Brookhaven National Laboratory will honor the 25th anniversary of a scientific paper first using now-standard computational techniques. It will take place next Wednesday, November 30, 2005 at a dedication of the newest supercomputer devoted to quantum chromodynamics (QCD), the theory that describes the interactions of subatomic particles. The lab is located on William Floyd Parkway, one-and-a-half miles north of Exit 68 of the Long Island Expressway in New York. QCD is largely concerned with the interactions of quarks, the particles that make up more-familiar protons and neutrons in the nuclei of ordinary atoms. “Placing” the quarks at discrete points on a geometric crystal-like lattice simplifies the study of these interactions. In the late 1970s, Brookhaven theoretical physicist Michael Creutz and colleagues demonstrated that one could compute the properties of these interactions using random numbers, or Monte Carlo techniques, to explore the vast range of possible values for the fields binding the quarks on the lattice. Creutz’s seminal paper, published in the journal Physical Review in 1980, became the most cited of the year.
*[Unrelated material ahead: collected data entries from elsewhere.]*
ghost use Rattle.std.specs.Prelude.{◌≡◌};
ghost use Rattle.cr_check_types.specs.Types.{room_in};

use crate::rows::expect;
use cr_check_constants::Constant;
use cr_check_types::{Shape, Table};
use cr_ints::IntKind;
use cr_syntax::CType;
use std::alloc::{AllocError, Global};
use std::test::Fail;

/// The row of a type in words, from the outermost level to the innermost: `* const char` is a pointer to a constant char, and `S3` the
/// structure of node 3.
pub fn row_of(table: &mut Table, text: &str) -> Result<u32, AllocError> {
    row_between(table, text, ' ')
}

/// The same where something else stands between the words.
pub fn row_between(table: &mut Table, text: &str, between: char) -> Result<u32, AllocError> {
    let mut row = 0;
    for word in text.rsplit(between) {
        row = with_word(table, word, row)?;
    }
    Ok(row)
}

fn with_word(table: &mut Table, word: &str, row: u32) -> Result<u32, AllocError> {
    let count = table.len();
    if row as usize >= count {
        return Ok(0);
    }
    let shape = table.shape(row);
    let shape = match word {
        "const" => Shape {
            constant: true,
            ..shape
        },
        "volatile" => Shape {
            volatile: true,
            ..shape
        },
        _ => Shape::plain(of_word(word, row)),
    };
    if room(shape.of) > table.len() {
        return Ok(0);
    }
    table.add(shape)
}

// Above which number the rows end that a type names.
fn room(of: CType) -> usize
    ensures { result ≡ room_in of }
{
    match of {
        CType::Pointer(row) | CType::Array(row, _) => row as usize + 1,
        _ => 0,
    }
}

fn of_word(word: &str, row: u32) -> CType {
    if word == "*" {
        return CType::Pointer(row);
    }
    if let Some(rest) = word.strip_prefix("[") {
        let count = rest.strip_suffix("]").unwrap_or("");
        return CType::Array(row, count.parse::<u64>().unwrap_or(0));
    }
    if let Some(node) = word.strip_prefix("S") {
        return CType::Struct(number_of(node));
    }
    match word {
        "bool" => CType::Int(IntKind::Bool),
        "char" => CType::Int(IntKind::Char),
        "schar" => CType::Int(IntKind::SChar),
        "short" => CType::Int(IntKind::Short),
        "int" => CType::Int(IntKind::Int),
        "uint" => CType::Int(IntKind::UInt),
        "long" => CType::Int(IntKind::Long),
        "ulong" => CType::Int(IntKind::ULong),
        "llong" => CType::Int(IntKind::LLong),
        _ => CType::Void,
    }
}

fn number_of(word: &str) -> u32 {
    word.parse::<u32>().unwrap_or(0)
}

/// Whether a row has the type that is told in words.
pub fn expect_type(
    alloc: Global,
    table: &Table,
    found: u32,
    row: &str,
    told: &str,
) -> Result<(), Fail> {
    let mut shown = String::new(alloc);
    push_type(&mut shown, table, found)?;
    expect(row, shown.as_str(), told)
}

/// Adds a row's type in words.
pub fn push_type(out: &mut String, table: &Table, row: u32) -> Result<(), AllocError> {
    let mut row = row;
    for _ in 0..100 {
        if row as usize >= table.len() {
            break;
        }
        let shape = table.shape(row);
        push_level(out, shape)?;
        match shape.of {
            CType::Pointer(below) | CType::Array(below, _) => row = below,
            _ => break,
        }
    }
    Ok(())
}

fn push_level(out: &mut String, shape: Shape) -> Result<(), AllocError> {
    out.push_str(qualifiers(shape))?;
    match shape.of {
        CType::Pointer(_) => out.push_str("* "),
        CType::Array(_, 0) => out.push_str("[] "),
        CType::Array(_, count) => write!(out, "[{count}] "),
        CType::Struct(node) => write!(out, "S{node}"),
        CType::Int(kind) => out.push_str(name_of(kind)),
        _ => out.push_str("void"),
    }
}

fn qualifiers(shape: Shape) -> &'static str {
    match (shape.constant, shape.volatile) {
        (true, true) => "const volatile ",
        (true, false) => "const ",
        (false, true) => "volatile ",
        (false, false) => "",
    }
}

/// An integer type in words.
pub fn name_of(kind: IntKind) -> &'static str {
    match kind {
        IntKind::Bool => "bool",
        IntKind::Char => "char",
        IntKind::SChar => "schar",
        IntKind::UChar => "uchar",
        IntKind::Short => "short",
        IntKind::UShort => "ushort",
        IntKind::Int => "int",
        IntKind::UInt => "uint",
        IntKind::Long => "long",
        IntKind::ULong => "ulong",
        IntKind::LLong => "llong",
        IntKind::ULLong => "ullong",
    }
}

/// The constant that a number in words is.
pub fn constant_in(text: &str) -> Constant {
    match text.parse::<i64>() {
        Ok(number) => Constant::Value(i128::from(number)),
        Err(_) => Constant::NotConstant,
    }
}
In honor of this paper’s 25th anniversary, leaders in the field will gather at Brookhaven for a series of scientific talks on the history and significant developments in “Lattice QCD” (9 a.m. – 12:20 p.m., Large Seminar Room, Bldg. 510), and to dedicate a new 10-teraflop supercomputer, known as the US QCDOC (for quantum chromodynamics on a chip) to be dedicated to these studies (12:20 – 1 p.m., QCDOC Computer Lab, Bldg. 515). The US QCDOC — sister to a similar machine dedicated at Brookhaven Lab in May, and also one located at the University of Edinburgh in Scotland — was designed and built by a collaboration of Brookhaven Lab, Columbia University, IBM, the UKQCD collaboration in the United Kingdom, and RIKEN (the Institute of Physical and Chemical Research in Japan). Construction was funded by the offices of High Energy Physics, Nuclear Physics, and Advanced Scientific Computing Research within the U.S. Department of Energy’s Office of Science, with operational funding coming from the offices of Nuclear Physics and High Energy Physics.